The antimicrobial activity of compounds 1, 3, and 12 was evaluated by using a standard broth dilution assay [17]. Compounds 1, 3, and 12 were tested against three Gram-negative bacteria: Klebsiella pneumonia (KCTC 2690), Salmonella typhimurium (KCTC 2515), and Escherichia coli (KCTC 2441); three Gram-positive bacteria were also included—namely, Staphylococcus aureus (KCTC 1927), Micrococcus luteus (KCTC 1915), and Bacillus subtilis (KCTC 1021).
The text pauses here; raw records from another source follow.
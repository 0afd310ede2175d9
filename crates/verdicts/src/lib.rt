//! What `complete` answers for a specification: the search for a derivation, the stages of completion, and the text.
#![tactic(auto)]

mod completing;
pub mod laws;

pub use completing::{complete, outcome};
A serial double dilution of each compound was prepared in 96-microtiter plates in the range of 0.5–256 μg/mL. An overnight culture broth of each strain was dispensed in sterilized 0.9% saline to an inoculum density of 5 × 10⁵ cfu by comparison with a MacFarland standard. The diluted culture broth (100 μL) was added to each dilution of the tested compounds (1, 3, and 12, (100 μL)), in the plate to yield final concentrations from 0.25 to 128 μg/mL. The plates were incubated for 24 h at 37 °C. The MIC value is the lowest concentration at which the microorganism did not demonstrate visible growth, as indicated by the presence of turbidity. Kanamycin was used as a positive control. All experiments were conducted twice to check reproducibility [17].
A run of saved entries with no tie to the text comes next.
//! The checks of a line: its names, that it is the only one of its kind, its numbers, the widths of its cells.
ghost use Rattle.std.specs.Prelude.{◌≡◌, [], Some, slice_index};
ghost use Rattle.rtl_core.specs.declared.machine.Machine.{Machine};
ghost use Rattle.conv_syntax.specs.declared.line.ConvBody.TheVariants as body;
ghost use Rattle.conventions.specs.declared.fact.Fact.TheVariants as fact;
ghost use Rattle.conventions.specs.Names.{instruction_of};
ghost use Rattle.conventions.specs.Facts.{area, error_numbers, fact_of};
ghost use Rattle.conventions.specs.Faults.{checked, error_width_fault, known_instruction, number_fault, service_width_fault, unless, width_fault};

use super::areas::{HEAP_LIMIT, area, meets_heap, meets_stack, offset, stack};
use super::fact::{ErrorNumbers, Fact, ServiceCells};
use super::fault::ConvFault;
use super::instructions::Instructions;
use super::known::{Known, cell_of, service_cells};
use super::said::Said;
use conv_syntax::{ConvBody, ConvCell, ConvLine, ServiceLine, StackLine};
use rtl_core::{Machine, NamedMachine};

/// The width of addresses, numbers and results, and that of a flag.
const WORD: u8 = 32;

const FLAG: u8 = 1;

/// A number of 32 bits, of a line that is the only one of its kind.
fn number(line: u32, is_there: bool, value: u64) -> Result<u32, ConvFault>
    ensures { result ≡ unless (number_fault line 32 is_there value) value }
{
    if is_there {
        return Err(ConvFault::Twice { line });
    }
    match u32::try_from(value) {
        Ok(value) => Ok(value),
        Err(_) => Err(ConvFault::FieldRange { line }),
    }
}

/// The same of 16 bits.
fn short_number(line: u32, is_there: bool, value: u64) -> Result<u16, ConvFault>
    ensures { result ≡ unless (number_fault line 16 is_there value) value }
{
    if is_there {
        return Err(ConvFault::Twice { line });
    }
    match u16::try_from(value) {
        Ok(value) => Ok(value),
        Err(_) => Err(ConvFault::FieldRange { line }),
    }
}

/// The width of a cell, 0 where there is no such cell.
fn width_of(machine: &Machine, cell: u8) -> u8
    ensures { result ≡ slice_index machine.now.widths cell }
{
    match machine.widths.get(cell as usize) {
        None => 0,
        Some(width) => width.bits(),
    }
}

/// The cell has the width that its place asks for.
fn has_width(machine: &Machine, line: u32, asked: u8, cell: u8) -> Result<(), ConvFault>
    ensures { result ≡ unless (width_fault machine.now line asked cell) tt }
{
    let found = width_of(machine, cell);
    if found == asked {
        return Ok(());
    }
    Err(ConvFault::WidthDiffers {
        line,
        left: asked,
        right: found,
    })
}

/// The error cell of a service has 1 bit, where there is one.
fn has_error_width(machine: &Machine, line: u32, cell: Option<u8>) -> Result<(), ConvFault>
    ensures { result ≡ unless (error_width_fault machine.now line cell) tt }
{
    match cell {
        None => Ok(()),
        Some(cell) => has_width(machine, line, FLAG, cell),
    }
}

/// The cells of a service have the widths that their places ask for, from left to right.
fn has_service_widths(machine: &Machine, line: u32, cells: ServiceCells) -> Result<(), ConvFault>
    ensures { result ≡ unless (service_width_fault machine.now line cells) tt }
{
    has_width(machine, line, WORD, cells.number)?;
    has_width(machine, line, WORD, cells.arg_x)?;
    has_width(machine, line, WORD, cells.arg_y)?;
    has_width(machine, line, WORD, cells.arg_z)?;
    has_width(machine, line, WORD, cells.result)?;
    has_error_width(machine, line, cells.error)
}

/// The stack of a `stack` line.
fn stack_fact(
    named: &NamedMachine,
    said: &Said,
    line: u32,
    words: &StackLine,
) -> Result<Fact, ConvFault>
    ensures { result ≡ checked named.now.machine said.now line (fact_of [] named.now (body.Stack words.now)) }
{
    let Some(cell) = cell_of(named, &words.cell) else {
        return Err(ConvFault::Unknown { line });
    };
    if said.stack.is_some() {
        return Err(ConvFault::Twice { line });
    }
    let Some(stack) = stack(&named.machine, words, cell) else {
        return Err(ConvFault::FieldRange { line });
    };
    if meets_heap(said.heap, stack) {
        return Err(ConvFault::FieldRange { line });
    }
    has_width(&named.machine, line, WORD, cell)?;
    Ok(Fact::Stack(stack))
}

/// The heap of a `heap` line.
fn heap_fact(said: &Said, line: u32, base: u64, size: u64) -> Result<Fact, ConvFault>
    ensures { (machine : Machine) → result ≡ checked machine said.now line (Some (fact.Heap (area base size))) }
{
    if said.heap.is_some() {
        return Err(ConvFault::Twice { line });
    }
    let Some(heap) = area(HEAP_LIMIT, base, size) else {
        return Err(ConvFault::FieldRange { line });
    };
    if meets_stack(said.stack, heap) {
        return Err(ConvFault::FieldRange { line });
    }
    Ok(Fact::Heap(heap))
}

/// The cells of a `service` line.
fn service_fact(
    named: &NamedMachine,
    said: &Said,
    line: u32,
    words: &ServiceLine,
) -> Result<Fact, ConvFault>
    ensures { result ≡ checked named.now.machine said.now line (fact_of [] named.now (body.Service words.now)) }
{
    let Some(cells) = service_cells(named, words) else {
        return Err(ConvFault::Unknown { line });
    };
    if said.service.is_some() {
        return Err(ConvFault::Twice { line });
    }
    has_service_widths(&named.machine, line, cells)?;
    Ok(Fact::Service(cells))
}

/// The cell of a `link` line.
fn link_fact(
    named: &NamedMachine,
    said: &Said,
    line: u32,
    cell: &ConvCell,
) -> Result<Fact, ConvFault>
    ensures { result ≡ checked named.now.machine said.now line (fact_of [] named.now (body.Link cell.now)) }
{
    let Some(cell) = cell_of(named, cell) else {
        return Err(ConvFault::Unknown { line });
    };
    if said.link.is_some() {
        return Err(ConvFault::Twice { line });
    }
    has_width(&named.machine, line, WORD, cell)?;
    Ok(Fact::Link(cell))
}

/// The numbers of an `errors` line.
fn errors_fact(
    said: &Said,
    line: u32,
    fault: u64,
    descriptor: u64,
    unknown: u64,
) -> Result<Fact, ConvFault>
    ensures { (machine : Machine) → result ≡ checked machine said.now line (Some (fact.Errors (error_numbers fault descriptor unknown))) }
{
    let is_there = said.errors.is_some();
    let fault = number(line, is_there, fault)?;
    let descriptor = number(line, is_there, descriptor)?;
    let unknown = number(line, is_there, unknown)?;
    Ok(Fact::Errors(ErrorNumbers {
        fault,
        descriptor,
        unknown,
    }))
}

/// The offset of an `args` line, behind a `stack` line.
fn args_fact(said: &Said, line: u32, above: u64) -> Result<Fact, ConvFault>
    ensures { (machine : Machine) → result ≡ checked machine said.now line (Some (fact.Args above)) }
{
    let Some(stack) = said.stack else {
        return Err(ConvFault::Unknown { line });
    };
    if said.args.is_some() {
        return Err(ConvFault::Twice { line });
    }
    let Some(found) = offset(stack, above) else {
        return Err(ConvFault::FieldRange { line });
    };
    Ok(Fact::Args(found))
}

/// The instruction of a name.
fn instruction(instructions: &Instructions, line: u32, name: &[u8]) -> Result<u16, ConvFault>
    ensures { result ≡ known_instruction line (instruction_of instructions.now name.now) }
{
    match instructions.number_of(name) {
        None => Err(ConvFault::Unknown { line }),
        Some(number) => Ok(number),
    }
}

/// What a line says, or its first fault.
pub fn checked(known: &Known<'_>, said: &Said, line: &ConvLine) -> Result<Fact, ConvFault>
    ensures { result ≡ checked known.now.named.now.machine said.now line.now.number (fact_of known.now.instructions known.now.named.now line.now.body) }
{
    let named = known.named;
    let at = line.number;
    match &line.body {
        ConvBody::Elf(kind) => Ok(Fact::Elf(short_number(at, said.elf.is_some(), *kind)?)),
        ConvBody::Stack(words) => stack_fact(named, said, at, words),
        ConvBody::Heap { base, size } => heap_fact(said, at, *base, *size),
        ConvBody::Service(words) => service_fact(named, said, at, words),
        ConvBody::Exit(value) => Ok(Fact::Exit(number(at, said.exit.is_some(), *value)?)),
        ConvBody::Read(value) => Ok(Fact::Read(number(at, said.read.is_some(), *value)?)),
        ConvBody::Write(value) => Ok(Fact::Write(number(at, said.write.is_some(), *value)?)),
        ConvBody::Brk(value) => Ok(Fact::Brk(number(at, said.brk.is_some(), *value)?)),
        ConvBody::Errors {
            fault,
            descriptor,
            unknown,
        } => errors_fact(said, at, *fault, *descriptor, *unknown),
        ConvBody::Link(cell) => link_fact(named, said, at, cell),
        ConvBody::Call(name) => {
            Ok(Fact::Call(instruction(&known.instructions, at, name.as_slice())?))
        },
        ConvBody::Return(name) => {
            Ok(Fact::Return(instruction(&known.instructions, at, name.as_slice())?))
        },
        ConvBody::Entry(address) => Ok(Fact::Entry(number(at, false, *address)?)),
        ConvBody::Whole(address) => Ok(Fact::Whole(number(at, false, *address)?)),
        ConvBody::Pad(name) => {
            Ok(Fact::Pad(instruction(&known.instructions, at, name.as_slice())?))
        },
        ConvBody::Args(above) => args_fact(said, at, *above),
    }
}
3.5. Sulforhodamine B (SRB) Assay for Cytotoxicity Test

Cytotoxicity by SRB assay was performed according to published procedures, using adriamycin as a positive control [18]. The test was conducted with two independent experiments using duplicate measurements (Figure S31).

4. Conclusions

In summary, 17 phenolic polyketides, including 3 new and 14 known compounds, were isolated from 2 fungal strains of Aspergillus unguis IV17-109 and 158SC-067. The structures of the new compounds were determined by spectroscopic (HRESIMS, 1D and 2D NMR), and Snatzke’s methods. The new compounds (1, 3, and 12) showed good antimicrobial activity. Additionally, cytotoxicity of phenolic polyketides from A. unguis against six cancer cell lines was systematically investigated for the first time. Most of the isolated compounds showed cytotoxicity against all tested cell lines, with IC₅₀ values ranging from 2.5 to 46.9 µM. This study enriched the biochemical diversity of fungal secondary metabolites. The results revealed that marine-derived fungi could be a promising source of natural products, with various pharmacological activities, which can serve as leading structures for drug discovery.